# Endlers?



## alysalouise (Mar 15, 2011)

Okay i have been keeping an eye out for some in my LFS, ive come accross a hybred, but not any pure, anyone in the washington area know where to get some? I would really like to have some XD


----------



## Teishokue (Mar 10, 2011)

if ur worried about this, its hard to find "Pure" pure endlers. almost all endlers will be hybrid to a certain extent unless awarded by ALA (american livebearer's association). they have awarded many people who have performed an excellent line breeding/selective breeding techniques. that is the closest thing you can get to PURE endlers.


----------



## alysalouise (Mar 15, 2011)

Teishokue said:


> if ur worried about this, its hard to find "Pure" pure endlers. almost all endlers will be hybrid to a certain extent unless awarded by ALA (american livebearer's association). they have awarded many people who have performed an excellent line breeding/selective breeding techniques. that is the closest thing you can get to PURE endlers.


 

Well im pretty sure the wild ones are pure too
Ive been seeing alot of things about people with the wild endlers, but so far none in my area


----------



## redchigh (Jan 20, 2010)

Interested in ordering online?

I have some females for sale, and a couple are pregnant


----------



## alysalouise (Mar 15, 2011)

redchigh said:


> Interested in ordering online?
> 
> I have some females for sale, and a couple are pregnant


 Ive thought about it, but shipping is so darn expensive, ugh and i love buying already pregnant fish


----------



## redchigh (Jan 20, 2010)

alysalouise said:


> Ive thought about it, but shipping is so darn expensive, ugh and i love buying already pregnant fish


$25 for 10 fish, free shipping. Hows that?
I just sent out two boxes, and only one fish didn't make it.. (out of a total of 45 going out)
I have two boxes to ship monday, and then if you order I can do it all at once and be all out for a while.
Here's a pic one of them sent me-

(Yes, they wanted guppy females and endler males... This way you can see the endler's probably offspring coloration)

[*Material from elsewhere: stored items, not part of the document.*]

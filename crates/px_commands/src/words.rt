//! The words that the program prints for a cause and for a limit.
ghost use Rattle.std.specs.Prelude.{◌≡◌, ◌≤◌, length};
ghost use Rattle.px_commands.specs.Words.{cause_word, list_word, scene_word};

use px_listing::ListKind;
use px_show::{Cause, LimitKind};

/// The word of a cause (docs/SCENES.md, "Causes").
pub fn cause_word(cause: Cause) -> &'static str
    ensures word { result.now ≡ cause_word cause }
    ensures short { length result.now ≤ 14 }
{
    match cause {
        Cause::NotHeader => "not-header",
        Cause::Unexpected => "unexpected",
        Cause::WordCount => "word-count",
        Cause::NotNumber => "not-number",
        Cause::BadName => "bad-name",
        Cause::SecondName => "second-name",
        Cause::BadExpression => "bad-expression",
        Cause::UnknownName => "unknown-name",
        Cause::AfterEnd => "after-end",
        Cause::MissingEnd => "missing-end",
    }
}

/// The word of a limit of scenes (docs/SCENES.md, "Limits").
pub fn scene_word(kind: LimitKind) -> &'static str
    ensures word { result.now ≡ scene_word kind }
    ensures short { length result.now ≤ 12 }
{
    match kind {
        LimitKind::Text => "text",
        LimitKind::Picture => "picture",
        LimitKind::Depth => "depth",
        LimitKind::Colour => "colour",
        LimitKind::Coefficient => "coefficient",
        LimitKind::Solids => "solids",
        LimitKind::Fronts => "fronts",
        LimitKind::Backs => "backs",
        LimitKind::Sides => "sides",
        LimitKind::Faces => "faces",
        LimitKind::Leaves => "leaves",
        LimitKind::Nesting => "nesting",
        LimitKind::Fraction => "fraction",
        LimitKind::PixelMemory => "pixel-memory",
        LimitKind::Products => "products",
    }
}

/// The word of a limit of listings (docs/LISTINGS.md, "Limits").
pub fn list_word(kind: ListKind) -> &'static str
    ensures word { result.now ≡ list_word kind }
    ensures short { length result.now ≤ 12 }
{
    match kind {
        ListKind::Grid => "grid",
        ListKind::Coefficient => "coefficient",
        ListKind::Length => "length",
        ListKind::Place => "place",
        ListKind::Value => "value",
        ListKind::Overlap => "overlap",
    }
}
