//! The words of the command line.
ghost use Rattle.std.specs.Prelude.{◌≡◌, ◌≤◌, IfSome, map, string_bytes};
ghost use Rattle.px_model.specs.declared.limits.TheConstants.{MAX_BLOCKS};
ghost use Rattle.px_text.specs.Text.{words_in};
ghost use Rattle.px_commands.specs.Commands.{
  HasLawfulNumbers,
  IsSide,
  command_of,
  count_in,
  count_to,
  fineness_of,
  needs_wide_pixels,
  of_one,
  of_three,
  of_two,
  refining,
  sampling,
  side_in,
  tiling,
};

use crate::command::{Command, Size, Work};
use px_frame::Fineness;
use px_model::{MAX_BLOCKS, MAX_WIDE_PICTURE_SIZE};
use px_text::{few_words, number_of};

/// The memory bits of a pixel of the array that draws.
pub const PIXEL_BITS: usize = 72;

/// The memory bits of a pixel of the array that finds shadows.
pub const WIDE_PIXEL_BITS: usize = 80;

/// Whether what the words ask needs pixels of `WIDE_PIXEL_BITS`, and not of `PIXEL_BITS` (docs/SCENES.md, "Memory").
pub fn needs_wide_pixels(words: &[String]) -> bool
    ensures { result ≡ needs_wide_pixels (command_of (map string_bytes words.now)) }
{
    match command_of(words) {
        Some(Command::Shadow) => true,
        _ => false,
    }
}

/// The command of these words, where they name one (docs/SCENES.md, "Commands").
///
/// Its numbers are within their limits.
pub fn command_of(words: &[String]) -> Option<Command>
    ensures command { result ≡ command_of (map string_bytes words.now) }
    ensures blocks { IfSome result HasLawfulNumbers }
{
    match words {
        [] => Some(Command::Make(Work::Render)),
        [word] => of_one(word.as_bytes()),
        [word, argument] => of_two(word.as_bytes(), argument.as_bytes()),
        [word, first, second] => of_three(word.as_bytes(), first.as_bytes(), second.as_bytes()),
        [_, _, _, _, ..] => None,
    }
}

/// The command of the words in some bytes, with spaces, tabs and carriage returns between them.
///
/// Its numbers are within their limits, and it takes no memory.
#[tactic(auto, using(crate::proofs::CommandLemmas::none_of_many))]
pub fn command_in(bytes: &[u8]) -> Option<Command>
    ensures command { result ≡ command_of (words_in bytes.now) }
    ensures blocks { IfSome result HasLawfulNumbers }
{
    match few_words(bytes) {
        Some(words) => of_few(words.as_slice()),
        None => None,
    }
}

fn of_few(words: &[&[u8]]) -> Option<Command>
    ensures command { result ≡ command_of (map (λ w. w.now) words.now) }
    ensures blocks { IfSome result HasLawfulNumbers }
{
    match words {
        [] => Some(Command::Make(Work::Render)),
        [word] => of_one(*word),
        [word, argument] => of_two(*word, *argument),
        [word, first, second] => of_three(*word, *first, *second),
        [_, _, _, _, ..] => None,
    }
}

fn of_one(word: &[u8]) -> Option<Command>
    ensures command { result ≡ of_one word.now }
    ensures blocks { IfSome result HasLawfulNumbers }
{
    if word == b"render".as_slice() {
        Some(Command::Make(Work::Render))
    } else if word == b"colour".as_slice() {
        Some(Command::Make(Work::Colour))
    } else if word == b"tidy".as_slice() {
        Some(Command::Make(Work::Tidy))
    } else if word == b"plan".as_slice() {
        Some(Command::Make(Work::Plan))
    } else if word == b"cost".as_slice() {
        Some(Command::Make(Work::Cost))
    } else if word == b"shadow".as_slice() {
        Some(Command::Shadow)
    } else if word == b"debug".as_slice() {
        Some(Command::Debug)
    } else if word == b"list".as_slice() {
        Some(Command::Make(Work::List))
    } else if word == b"play".as_slice() {
        Some(Command::Play)
    } else {
        None
    }
}

fn of_two(word: &[u8], argument: &[u8]) -> Option<Command>
    ensures command { result ≡ of_two word.now argument.now }
    ensures blocks { IfSome result HasLawfulNumbers }
{
    if word == b"sample".as_slice() {
        sampling(count_to(MAX_BLOCKS, count_in(argument)))
    } else if word == b"refine".as_slice() {
        refining(fineness_of(argument))
    } else {
        None
    }
}

fn of_three(word: &[u8], first: &[u8], second: &[u8]) -> Option<Command>
    ensures command { result ≡ of_three word.now first.now second.now }
    ensures blocks { IfSome result HasLawfulNumbers }
{
    if word == b"tile".as_slice() {
        tiling(side_in(first), side_in(second))
    } else {
        None
    }
}

/// The number that a word writes, where it does not begin with 0.
fn count_in(word: &[u8]) -> Option<i64>
    ensures { result ≡ count_in word.now }
{
    match word {
        [] | [b'0', ..] => None,
        [_, ..] => number_of(word),
    }
}

/// A number from 1 to a greatest one.
fn count_to(greatest: u32, number: Option<i64>) -> Option<u32>
    ensures count { result ≡ count_to greatest number }
    ensures within { IfSome result (λ n. (1 ≤ n) × (n ≤ greatest)) }
{
    match number {
        Some(n) if 1 <= n && n <= i64::from(greatest) => Some(n as u32),
        _ => None,
    }
}

/// The sample of so many blocks.
fn sampling(blocks: Option<u32>) -> Option<Command>
    requires { IfSome blocks (λ n. (1 ≤ n) × (n ≤ MAX_BLOCKS)) }
    ensures command { result ≡ sampling blocks }
    ensures blocks { IfSome result HasLawfulNumbers }
{
    match blocks {
        Some(n) => Some(Command::Sample(n)),
        None => None,
    }
}

/// The pixels along a side of a wide picture that a word writes.
fn side_in(word: &[u8]) -> Option<u32>
    ensures side { result ≡ side_in word.now }
    ensures some { IfSome result IsSide }
{
    count_to(MAX_WIDE_PICTURE_SIZE, count_in(word))
}

/// The tiling of a picture so wide and high, where there is one.
fn tiling(width: Option<u32>, height: Option<u32>) -> Option<Command>
    requires width { IfSome width IsSide }
    requires height { IfSome height IsSide }
    ensures command { result ≡ tiling width height }
    ensures blocks { IfSome result HasLawfulNumbers }
{
    match (width, height) {
        (Some(width), Some(height)) => Some(Command::Make(Work::Tile(Size { width, height }))),
        _ => None,
    }
}

fn fineness_of(word: &[u8]) -> Option<Fineness>
    ensures { result ≡ fineness_of word.now }
{
    if word == b"2".as_slice() {
        Some(Fineness::Two)
    } else if word == b"4".as_slice() {
        Some(Fineness::Four)
    } else {
        None
    }
}

/// The refinement of this fineness, where there is one.
fn refining(fineness: Option<Fineness>) -> Option<Command>
    ensures command { result ≡ refining fineness }
    ensures blocks { IfSome result HasLawfulNumbers }
{
    match fineness {
        Some(fineness) => Some(Command::Make(Work::Refine(fineness))),
        None => None,
    }
}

There's really only one endler in that photo, and it's right in the middle. see it?


----------



## alysalouise (Mar 15, 2011)

redchigh said:


> $25 for 10 fish, free shipping. Hows that?
> I just sent out two boxes, and only one fish didn't make it.. (out of a total of 45 going out)
> I have two boxes to ship monday, and then if you order I can do it all at once and be all out for a while.


 
idk, ill have to try and talk one of the parents into buying them for me... Im all out of money right now lol. but ill ask, how pure are they?


----------



## redchigh (Jan 20, 2010)

They are hybrids, line bred to develop wild-type coloration :/

Good for practicing though... True wild-caught endlers will run a pretty penny... close to 20-30 per fish... 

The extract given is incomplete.